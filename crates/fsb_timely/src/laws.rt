//! Laws over the definitions: no code.

ghost use Rattle.std.specs.Prelude.{◌≡◌, ◌↔◌, ◌<◌, ◌≤◌, ◌+◌, ◌&&◌, ◌||◌, ℕ, List, false, not, None, Some, length, slice_get, if◌then◌else◌, IsTrue};
ghost use Rattle.std.specs.Option.{option_and_then};
ghost use Rattle.fsb_count.specs.Options.{is_some_and};
ghost use Rattle.fsb_encode.specs.declared.request.Request.{Request};
ghost use Rattle.fsb_hazard.specs.declared.choice.Ask.TheVariants.{Begun};
ghost use Rattle.fsb_hazard.specs.declared.line.HazardLine.{HazardLine};
ghost use Rattle.fsb_hazard.specs.Entry.{entry};
ghost use Rattle.fsb_signal.specs.declared.lines.TheConstants.Lines.{ADS};
ghost use Rattle.fsb_signal.specs.Samples.{is_known_trace, line_at};
ghost use Rattle.fsb_trace.specs.At.{Trace};
ghost use Rattle.fsb_trace.specs.Snoop.{snoop_end_of};
ghost use Rattle.fsb_trace.specs.Flight.{is_outstanding};
ghost use Rattle.fsb_timely.specs.Past.{SnoopEnd, Past};
ghost use Rattle.fsb_timely.specs.Tied.{IsSnoopOf};
ghost use Rattle.fsb_timely.specs.Runs.{Run, run_to, past_of, past_to};
ghost use Rattle.fsb_timely.specs.Moments.{cancelled_at, claim_at};
ghost use Rattle.fsb_timely.specs.Grants.{begun_at, snooped_at, is_end_at, is_ended, grant_at, is_granted, is_lost, holds_line, IsHeldSince, latest_grant, is_ready, is_named_by_other, is_sole_grant, is_exclusive};
ghost use Rattle.fsb_timely.specs.Completions.{is_arrival, is_brought};
ghost use Rattle.fsb_timely.specs.Scripts.{Need, completes_at, is_logged_at, is_logged, next_number, next_item, is_idling, window};
ghost use Rattle.fsb_timely.specs.Hits.{is_hit, is_dirty};
ghost use Rattle.fsb_timely.specs.Wants.{owed, is_asked_for, want_of, is_held_back};
ghost use Rattle.fsb_timely.specs.Timely.{Part, holds_at, keeps, AtEachClock, IsTimelyAt, Timely};
ghost use Rattle.fsb_timely.specs.Growth.{IsNext, IsWhole, GoesOn, GoesOnAfterHits, is_last_clock};

/// What is said of a clock that a run has passed stays as it is when the run goes on: the run and its past up to that
/// clock are the same, and so is each test of them.
pub fn each_part_stays()
    ensures run { (r s : Run) (c : ℕ) → IsNext r s → IsWhole r → c < length r.trace →
        run_to s c ≡ run_to r c }
    ensures past { (r s : Run) (c : ℕ) → IsNext r s → IsWhole r → c < length r.trace →
        past_to (past_of s) c ≡ past_to (past_of r) c }
    ensures part { (part : Part) (r s : Run) (c : ℕ) → IsNext r s → IsWhole r → c < length r.trace →
        holds_at part s c ≡ holds_at part r c }
{}

/// A run that is timely stays so with one more clock at which the parts hold, and so does a part by itself.
pub fn runs_grow()
    ensures part { (part : Part) (r s : Run) → IsNext r s → IsWhole r → AtEachClock part r →
        IsTrue (holds_at part s (length r.trace)) → AtEachClock part s }
    ensures timely { (r s : Run) → Timely r → IsNext r s → IsWhole s →
        IsTrue (is_known_trace s.trace) →
        IsTimelyAt s (length r.trace) → Timely s }
{}

/// A part holds at each clock exactly where its test of the whole run passes.
pub fn parts_are_tested()
    ensures { (part : Part) (r : Run) → IsTrue (keeps part r) ↔ AtEachClock part r }
{}

/// The moments of a run have the snoop ends of its whole trace, and no others: each live request whose snoop end is reached
/// has it in the moment of that clock, with its first clock, claim, kind, turn and settled outcome.
pub fn moments_have_the_snoop_ends()
    ensures reached { (r : Run) (i t : ℕ) → snoop_end_of r.trace i ≡ Some t →
        (s : SnoopEnd) × IsSnoopOf r i t s }
    ensures told { (r : Run) (t : ℕ) (s : SnoopEnd) → snooped_at (past_of r) t ≡ Some s →
        (i : ℕ) × IsSnoopOf r i t s }
{}

/// The moment of a clock has the request that begins there, and the one that AERR# cancels there, as the whole trace says.
pub fn moments_have_the_beginnings()
    ensures begun { (r : Run) (t : ℕ) → t < length r.trace →
        begun_at (past_of r) t ≡ (if line_at ADS r.trace t then claim_at r.trace t else None) }
    ensures cancelled { (r : Run) (t : ℕ) → t < length r.trace →
        option_and_then (λ moment. moment.cancelled) (slice_get (past_of r).moments t)
        ≡ cancelled_at r.trace t }
{}

/// An agent holds a line exactly where the line was granted to it and it did not lose it since.
pub fn held_lines_were_granted()
    ensures { (p : Past) (a line c : ℕ) → IsTrue (holds_line p a line c) ↔ IsHeldSince p a line c }
{}

/// What an agent holds, one clock further: a grant at the clock, or what it held and does not lose there. The latest grant
/// is then the one at the clock, or stays. The line is the agent's own by a sole grant, or stays its own where it is not
/// lost and no other agent names it. A request has ended below the next clock where it had, or ends at this one.
pub fn held_lines_step()
    ensures held { (p : Past) (a line c : ℕ) →
        holds_line p a line (c + 1)
        ≡ (is_granted p a line c || (holds_line p a line c && not (is_lost p a line c))) }
    ensures latest { (p : Past) (a line c : ℕ) →
        latest_grant p a line (c + 1)
        ≡ (if is_granted p a line c then grant_at p c else latest_grant p a line c) }
    ensures exclusive { (p : Past) (a line c : ℕ) →
        is_exclusive p a line (c + 1)
        ≡ (if is_granted p a line c then is_some_and (grant_at p c) is_sole_grant else
        (is_exclusive p a line c && (not (is_lost p a line c)
        && not (is_named_by_other p a line c)))) }
    ensures ended { (p : Past) (c q : ℕ) →
        is_ended p (c + 1) q ≡ (is_ended p c q || is_end_at p c q) }
{}

/// An agent without an entry at a clock stays where it is in its script; an item is done from the clock after its entry on.
pub fn scripts_step()
    ensures number { (p : Past) (a c : ℕ) → completes_at p a c ≡ false →
        next_number p a (c + 1) ≡ next_number p a c }
    ensures item { (p : Past) (a c : ℕ) → completes_at p a c ≡ false →
        next_item p a (c + 1) ≡ next_item p a c }
    ensures window { (p : Past) (a c : ℕ) → completes_at p a c ≡ false →
        window p a (c + 1) ≡ window p a c }
    ensures logged { (p : Past) (a c n : ℕ) →
        is_logged p a (c + 1) n ≡ (is_logged p a c n || is_logged_at p a c n) }
{}

/// A request that began before a clock stays outstanding after it, unless that is its last clock as such.
pub fn outstanding_requests_step()
    ensures { (w : Trace) (c q : ℕ) → q < c →
        is_outstanding w (c + 1) q ≡ (is_outstanding w c q && not (is_last_clock w c q)) }
{}

/// A clock is the snoop end of one live request at most.
pub fn one_snoop_end_at_a_clock()
    ensures { (w : Trace) (s i j : ℕ) → snoop_end_of w i ≡ Some s → snoop_end_of w j ≡ Some s →
        i ≡ j }
{}

/// What an agent wants is a line that none of its outstanding requests is for.
pub fn wants_are_new()
    ensures { (p : Past) (a c : ℕ) (request : Request) → want_of p a c ≡ Some request →
        is_asked_for (owed p a c) request.line ≡ false }
{}

/// What hazard lines choose for a request depends on its number alone, so an object that tells lines has an entry for each
/// number.
pub fn hazard_lines_go_by_number()
    ensures { (lines : List HazardLine) (k : ℕ) (a b : Request) →
        entry lines (Begun k a) ≡ entry lines (Begun k b) }
{}

/// What an agent has and does at a clock rests on the past below that clock: where a past goes on, the lines that the agent
/// holds, has ready and has for itself, its place in its script and its hit are the same, up to the clock at which it goes
/// on.
pub fn pasts_go_on()
    ensures held { (n : ℕ) (p q : Past) (a line c : ℕ) → GoesOn n p q → c ≤ n →
        holds_line p a line c ≡ holds_line q a line c }
    ensures latest { (n : ℕ) (p q : Past) (a line c : ℕ) → GoesOn n p q → c ≤ n →
        latest_grant p a line c ≡ latest_grant q a line c }
    ensures ready { (n : ℕ) (p q : Past) (a line c : ℕ) → GoesOn n p q → c ≤ n →
        is_ready p a line c ≡ is_ready q a line c }
    ensures exclusive { (n : ℕ) (p q : Past) (a line c : ℕ) → GoesOn n p q → c ≤ n →
        is_exclusive p a line c ≡ is_exclusive q a line c }
    ensures item { (n : ℕ) (p q : Past) (a c : ℕ) → GoesOn n p q → c ≤ n →
        next_item p a c ≡ next_item q a c }
    ensures window { (n : ℕ) (p q : Past) (a c : ℕ) → GoesOn n p q → c ≤ n →
        window p a c ≡ window q a c }
    ensures idling { (n : ℕ) (p q : Past) (a c : ℕ) → GoesOn n p q → c ≤ n →
        is_idling p a c ≡ is_idling q a c }
    ensures hit { (n : ℕ) (p q : Past) (a c : ℕ) → GoesOn n p q → c ≤ n →
        is_hit p a c ≡ is_hit q a c }
    ensures next { (r s : Run) → IsNext r s → IsWhole r →
        GoesOn (length r.trace) (past_of r) (past_of s) }
{}

/// The past of a timely run goes on from its past up to each clock, so what rests on the past up to a clock is the same of
/// both: all that `pasts_go_on` and `wants_go_on` name, and arrivals.
pub fn whole_pasts_go_on()
    ensures begins { (r : Run) (c : ℕ) → Timely r → c < length r.trace →
        GoesOn (c + 1) (past_to (past_of r) c) (past_of r) }
    ensures arrival { (n : ℕ) (p q : Past) (a c : ℕ) → GoesOn n p q → c < n →
        is_arrival p a c ≡ is_arrival q a c }
    ensures brought { (n : ℕ) (p q : Past) (a c : ℕ) (need : Need) → GoesOn n p q → c < n →
        is_brought p a c need ≡ is_brought q a c need }
{}

/// What an agent wants at a clock, and whether it is held back there, rests on the past below that clock and on the entries
/// of the clock's own hits. So it stays where a past goes on behind those hits, and at each earlier clock however it goes
/// on; so do what the agent owes, and on which lines it is dirty.
pub fn wants_go_on()
    ensures owed { (n : ℕ) (p q : Past) (a c : ℕ) → GoesOn n p q → c ≤ n → owed p a c ≡ owed q a c }
    ensures dirty { (n : ℕ) (p q : Past) (a line c : ℕ) → GoesOnAfterHits n p q → c ≤ n →
        is_dirty p a line c ≡ is_dirty q a line c }
    ensures want { (n : ℕ) (p q : Past) (a c : ℕ) → GoesOnAfterHits n p q → c ≤ n →
        want_of p a c ≡ want_of q a c }
    ensures held_back { (n : ℕ) (p q : Past) (a c : ℕ) → GoesOnAfterHits n p q → c ≤ n →
        is_held_back p a c ≡ is_held_back q a c }
    ensures earlier_dirty { (n : ℕ) (p q : Past) (a line c : ℕ) → GoesOn n p q → c < n →
        is_dirty p a line c ≡ is_dirty q a line c }
    ensures earlier_want { (n : ℕ) (p q : Past) (a c : ℕ) → GoesOn n p q → c < n →
        want_of p a c ≡ want_of q a c }
    ensures earlier_held_back { (n : ℕ) (p q : Past) (a c : ℕ) → GoesOn n p q → c < n →
        is_held_back p a c ≡ is_held_back q a c }
{}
§
* _Task directions_
A word-for-word copy of the lines above from the one with "(is_granted p a" through the one with "next_number p a (c", inclusive, is the only output wanted.

* _Answer to the exercise_
        ≡ (is_granted p a line c || (holds_line p a line c && not (is_lost p a line c))) }
    ensures latest { (p : Past) (a line c : ℕ) →
        latest_grant p a line (c + 1)
        ≡ (if is_granted p a line c then grant_at p c else latest_grant p a line c) }
    ensures exclusive { (p : Past) (a line c : ℕ) →
        is_exclusive p a line (c + 1)
        ≡ (if is_granted p a line c then is_some_and (grant_at p c) is_sole_grant else
        (is_exclusive p a line c && (not (is_lost p a line c)
        && not (is_named_by_other p a line c)))) }
    ensures ended { (p : Past) (c q : ℕ) →
        is_ended p (c + 1) q ≡ (is_ended p c q || is_end_at p c q) }
{}

/// An agent without an entry at a clock stays where it is in its script; an item is done from the clock after its entry on.
pub fn scripts_step()
    ensures number { (p : Past) (a c : ℕ) → completes_at p a c ≡ false →
        next_number p a (c + 1) ≡ next_number p a c }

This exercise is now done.